Manufaktur RI di Bibir Jurang, Ini Buktinya!
Jakarta, CNBC Indonesia - Aktivitas manufaktur Indonesia masih ekspansif pada Juni 2022. Namun merupakan yang paling lambat dalam sepuluh bulan.
Pada Jumat (1/7/2022), S&P Global merilis data aktivitas manufaktur yang dicerminkan dengan Purchasing Managers' Index (PMI). Untuk periode Juni 2022, PMI manufaktur Indonesia ada di angka 50,2.
PMI menggunakan angka 50 sebagai titik mula. Jika di atas 50, maka artinya dunia usaha sedang dalam fase ekspansi. Sementara di bawah itu artinya kontraksi.
Produksi manufaktur Indonesia bertahan di zona ekspansi ditopang oleh peningkatan permintaan. Dalam laporannya S&P menyebut adanya kenaikan volume pesanan baru yang lebih tinggi karena aktivitas pembelian yang masif.
Aktivitas pembelian meningkat selama sepuluh bulan berturut-turut dengan pertumbuhan paling tinggi sejak Januari.
Persediaan pra-produksi secara luas tidak berubah.

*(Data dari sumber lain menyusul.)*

ghost use Rattle.std.specs.Prelude.{◌≡◌, Err, true, false, ◌&&◌, not, [], ◌∷◌, ◌+◌, ◌-◌, ◌%◌, ◌≤◌, ◌<◌, min, max, eqb};
ghost use Rattle.terms.specs.Paper.{answer};
ghost use Rattle.terms.specs.Verdicts.{verdict_number};
ghost use Rattle.tick_map.specs.Bits.{is_set, bits_in};
ghost use Rattle.tick_map.specs.Ring.{rotated};
ghost use Rattle.ledger_spec.specs.State.{range, largest, range_rules, map_rules, sound_of};
ghost use Rattle.ledger.specs.State.{asked_of, book_of, ledger_of, topped, next_in};
ghost use Rattle.ledger_spec.specs.Calls.{Tick, Announce, Request, Reply, Ask, Missing, Held, Between, Renew, tick_number, reply_status, starts_at, checked_of, number_to, passes, taken, last_of, reach, gave_up, handed, replied, waiting, asked, between_count, answer_to, open_number, open_of, fresh};
ghost use Rattle.ledger.specs.Papers.{tick_paper, request_paper, reply_paper, laid_reply, paper_of, count_paper};

use terms::{ChannelNumber, Refusal, TickNumber};
use tick_map::Map;

// From one number to another, both counted.
#[derive(Clone, Copy, Debug, PartialEq, Eq)]
pub struct Range {
    pub first: TickNumber,
    pub last: TickNumber,
}

// The fields are open, so that a host can hand in any state; a broken one is refused by 13.
#[derive(Clone, Copy)]
pub struct Ledger {
    pub channel: ChannelNumber,
    // All numbers up to it are received or given up.
    pub floor: TickNumber,
    // The largest number announced, or offered and not refused by 18 or 10.
    pub top: TickNumber,
    // A number's place is its remainder by 256: of the numbers above the floor, for the
    // 256 next ones.
    pub map: Map,
    // The request that is pending: from its grant until a reply answered 0, or a new session.
    pub pending: Option<Range>,
}

// What every call gives back: the next ledger, and the call's own answer.
#[derive(Clone, Copy)]
pub struct Called<T> {
    pub next: Ledger,
    pub answer: Result<T, Refusal>,
}

// The floor has newly passed `count` numbers from `first` on, perhaps none.
#[derive(Clone, Copy, Debug, PartialEq, Eq)]
pub struct Passed {
    pub first: TickNumber,
    pub count: u64,
}

// What a reply settles: two sets, each a map whose places are read as the ledger's are, a number's
// place is its remainder by 256. They hold numbers from `first`, the floor + 1 as it was before the
// call, to 255 after it.
#[derive(Clone, Copy)]
pub struct Settled {
    pub first: TickNumber,
    // Given up: of the pending range, on status 4, those not received.
    pub given_up: Map,
    // Received and newly passed by the floor: for delivery.
    pub passed: Map,
}

// The largest number of 18 digits.
const LARGEST: u64 = 999_999_999_999_999_999;

// The largest channel of 4 digits.
const LAST_CHANNEL: u16 = 9_999;

fn reply_status(s: u8) -> bool
    ensures { result ≡ reply_status s }
{
    matches!(s, 1..=5 | 99)
}

// Whether the map, read round from `from`, keeps the state rules, where `known` numbers lie above
// the floor and not above the top. A map has 256 places: where so many are known, floor + 1 alone
// decides. Else an empty map keeps them, and any other where no place is held but those of the
// numbers after the first.
fn map_sound(map: Map, from: u64, known: u64) -> bool
    ensures { result ≡ map_rules (rotated from (bits_in map)) known }
{
    if 256 <= known {
        return !map.holds(from % 256);
    }
    map.empty() || (known != 0 && map.none_but(from % 256, known - 1))
}

// A number of 1 to 18 digits.
fn tick_number(n: u64) -> bool
    ensures { result ≡ tick_number n }
{
    (1 <= n) & (n <= LARGEST)
}

impl Range {
    // Whether the range keeps the state rules, where it is pending.
    #[tactic(auto, using(ledger_spec::proofs::Tests::short_is), unfolding(ledger_spec::specs::State::range_rules))]
    fn sound(self, floor: u64, top: u64) -> bool
        ensures { result ≡ range_rules (range self.first.0 self.last.0) floor top }
    {
        let first = self.first.value();
        let last = self.last.value();
        1 <= first && first - 1 <= floor && first <= last && last <= top && last - first < 200
    }
}

// Whether the pending request keeps the state rules.
#[tactic(auto, unfolding(ledger_spec::specs::State::range_rules))]
fn pending_sound(pending: Option<Range>, floor: u64, top: u64) -> bool
    ensures { result ≡ range_rules (asked_of pending) floor top }
{
    match pending {
        None => true,
        Some(range) => range.sound(floor, top),
    }
}

// Whether a request is pending that starts at n.
fn starts_at(pending: Option<Range>, n: u64) -> bool
    ensures { result ≡ starts_at (asked_of pending) n }
{
    match pending {
        None => false,
        Some(range) => range.first.value() == n,
    }
}

// How many numbers above the floor the pending range reaches: none where the floor has passed it.
fn reach_of(pending: Option<Range>, floor: u64) -> u64
    ensures { result ≡ last_of (asked_of pending) - floor }
{
    match pending {
        None => 0,
        Some(range) => range.last.value().saturating_sub(floor),
    }
}

// A ledger that keeps the state rules.
#[derive(Clone, Copy)]
struct Sound {
    ledger: Ledger,
    ghost rules: { sound_of (book_of ledger) ≡ true },
}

S&P Global melaporkan perusahaan yang disurvei mencatat sedikit peningkatan dalam persediaan pasca produksi menjelang peluncuran produk baru.
"Kesehatan umum sektor manufaktur Indonesia hampir stagnan pada bulan Juni, menurut data S&P Global PMI. Volume buku pesanan meningkat pada tingkat paling lambat dalam sepuluh bulan, dengan beberapa mencatat peningkatan output disebabkan oleh upaya untuk meningkatkan persediaan pasca produksi," kata Lauran Denman, Ekonom di S&O Global Market Intelligence.

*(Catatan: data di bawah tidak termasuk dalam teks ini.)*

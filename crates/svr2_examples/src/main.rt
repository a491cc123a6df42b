//! Runs the examples. Standard input holds one after the other, each a line `== WORDS` with what the command of these words reads behind
//! it; to standard output goes that line, what the command writes, and its exit status. So the gate compares what stands in examples/ with
//! what the program does.
#![tactic(auto)]

use byte_streams::PIECE;
use group_world::LocalField;
use std::alloc::Global;
use std::io::{self, Write};
use std::process::ExitCode;
use svr_base::{MemSource, Memory, StdSink};
use svr2_run::{Status, run};

/// What stands before the words of a command.
const MARK: &str = "== ";

/// The words of a line, without the mark.
fn words_of(alloc: Global, line: &str) -> Result<Vec<String>, Memory> {
    let mut words = Vec::new(alloc);
    for word in line.split(' ') {
        words.push(String::from_str(alloc, word)?)?;
    }
    Ok(words)
}

/// Runs the words over a text.
fn run_over(rt: &HostRuntime, line: &str, text: &str) -> Result<Status, Memory> {
    let alloc = rt.alloc();
    let words = words_of(alloc, line)?;
    let mut source = MemSource::new(
        Vec::from_slice(alloc, text.as_bytes())?,
        PIECE,
        Vec::new(alloc),
    );
    let mut sink = StdSink::new(rt.stdout());
    let (status, _field) = run(
        alloc,
        words.as_slice(),
        &mut source,
        &mut sink,
        LocalField::new(alloc),
    );
    Ok(status)
}

/// Runs one example: its first line without the mark, and what stands behind it.
fn run_example(rt: &HostRuntime, example: &str) -> io::Result<()> {
    let (line, text) = example.split_once('\n').unwrap_or((example, ""));
    writeln!(rt.stdout(), "{MARK}{line}")?;
    match run_over(rt, line, text) {
        Ok(status) => writeln!(rt.stdout(), "status {}", status.code()),
        Err(Memory) => Err(io::ErrorKind::OutOfMemory.into()),
    }
}

fn run_examples(rt: &HostRuntime) -> io::Result<()> {
    let text = io::read_to_string(rt.alloc(), rt.stdin())?;
    for example in text.as_str().split(MARK).skip(1) {
        run_example(rt, example)?;
    }
    Ok(())
}

fn main(rt: HostRuntime) -> ExitCode {
    match run_examples(&rt) {
        Ok(()) => ExitCode::SUCCESS,
        Err(_) => ExitCode::FAILURE,
    }
}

"Pada saat yang sama, permintaan luar negeri menyentuh titik terendah sejak September 2021, menandakan bahwa ekspansi permintaan secara keseluruhan saat ini sedang ditopang oleh pesanan domestik," tambahnya.
Sementara itu, kendala rantai pasokan masih jadi kendala dari sisi input. Akibatnya harga bahan mentah tetap langka dan harganya kian mahal sehingga beban menjadi bertambah.
Tekanan inflasi masih bertahan seiring dengan lajunya yang makin cepat tiap bulan. Selain itu, kenaikan PPN menjadi 11% baru-baru ini dilaporkan memperburuk masalah rantai pasokan dan inflasi yang membuat beban produksi makin tinggi.
Diprediksi tingkat inflasi Indonesia akan mencapai target 4% bahkan lebih. Sehingga akan timbul kenaikan suku bunga yang makin mempersempit industri untuk ekspansi karena biaya kredit yang juga berpotensi makin tinggi. Ini juga akan jadi risiko penekan aktivitas manufaktur ke depan.
Sejalan dengan biaya produksi yang tinggi, produsen pun membebankan biaya lebih tinggi kepada konsumen.
"Menurut data Juni, tekanan harga tetap bertahan karena perusahaan terus memilih untuk berbagi biaya bahan baku yang lebih besar dengan pelanggan mereka. Kenaikan harga tetap menjadi risiko penurunan pertumbuhan, dan jika inflasi terus memburuk, permintaan domestik dapat terpukul, yang bisa berarti sektor manufaktur Indonesia semakin kehilangan momentum pertumbuhan," jelas Denman.
Sementara itu, penurunan tingkat pekerjaan tercatat pada bulan Juni, menyusul peningkatan jumlah angkatan kerja selama lima bulan berturut-turut. Pada saat yang sama, tingkat pekerjaan yang luar biasa turun sedikit.
Laju PMI Manufaktur Indonesia sendiri berada di posisi ke-6 dari 7 negara yang di survey di regional ASEAN.
Singapura menjadi negara dengan laju PMI tertinggi dengan 59,3. Posisi kedua dan ketiga ada Vietnam dengan skor 54 dan Filipina dengan 53,8. Kemudian diikuti Thailand (50,7), Malaysia (50,4). Posisi paling bontot diisi oleh Myanmar yang tergelincir ke zona kontraksi dengan 48,2.
Optimisme di seluruh sektor manufaktur Indonesia terlihat. Ada harapan perbaikan ekonomi yang berkelanjutan dan penguatan kondisi permintaan secara luas sebagai pendorong kepercayaan. Namun jika kemudian inflasi terus naik, bukan tidak mungkin aktivitas manufaktur Indonesia akan terlempar ke zona kontraksi. Sebab biaya input yang tinggi akan membuat beban pelanggan yang membeli semakin besar sehingga berpotensi menurunkan permintaan.